● **Task to carry out**: Output only the line that contains "pub fn volumes_add_up()" and the lines after it, all verbatim, through the last one below.

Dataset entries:
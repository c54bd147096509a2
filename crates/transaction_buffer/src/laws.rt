//! Laws of the transactions. They have no code: each is proved for the definitions that the
//! contracts of this crate cite.

ghost use Rattle.transaction_buffer.specs.Laws.{DoAddUp, DoMove, DoTell, HasOneLocker};
ghost use Rattle.transaction_buffer.specs.Laws.{IsClearedByItsLocker, IsClearedForGood};
ghost use Rattle.transaction_buffer.specs.Laws.{IsCountedAfter, IsReadAfter, IsSummedAfter};

/// What a reply tells. An answer means that nothing refused the request, and it is the answer in
/// the table's line. A refusal is the one in the table's line, and means that no transaction
/// changes.
pub fn replies_tell()
    ensures { DoTell }
{}

/// A transaction that is cleared stays as it is, whatever a till asks, whoever signs off and
/// whatever is sold.
pub fn cleared_for_good()
    ensures { IsClearedForGood }
{}

/// A clear is accepted only of a transaction that this till has locked, and is answered with its
/// cents.
pub fn cleared_by_its_locker()
    ensures { IsClearedByItsLocker }
{}

/// A transaction has at most one locker. A lock is accepted only if no other till has locked the
/// transaction, and an unlock only from the till that has. A lock by the till that has locked it
/// changes nothing. An accepted lock makes the till that asked for it the locker. After an accepted
/// unlock or clear, or the sign-off of the locker, there is none. A new sale has the locker with
/// which it is sold. Every other transaction keeps its locker.
pub fn one_locker()
    ensures { HasOneLocker }
{}

/// What a name leads to after each change: its own transaction, and no other.
pub fn read_after()
    ensures { IsReadAfter }
{}

/// Only a sale raises the number of sales that a point has made, by one, and the number of its
/// unpaid sales.
pub fn counted_after()
    ensures { IsCountedAfter }
{}

/// How each change moves the sum of any figure over the sales.
pub fn summed_after()
    ensures { IsSummedAfter }
{}

/// A product's payable, locked and cleared volumes add up to its volume in all sales.
pub fn volumes_add_up()
    ensures { DoAddUp }
{}

/// How each change moves a product's volumes from one status to another. Only a sale changes the
/// volume in all sales.
pub fn volumes_move()
    ensures { DoMove }
{}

● **Output of the task**:
pub fn volumes_add_up()
    ensures { DoAddUp }
{}

/// How each change moves a product's volumes from one status to another. Only a sale changes the
/// volume in all sales.
pub fn volumes_move()
    ensures { DoMove }
{}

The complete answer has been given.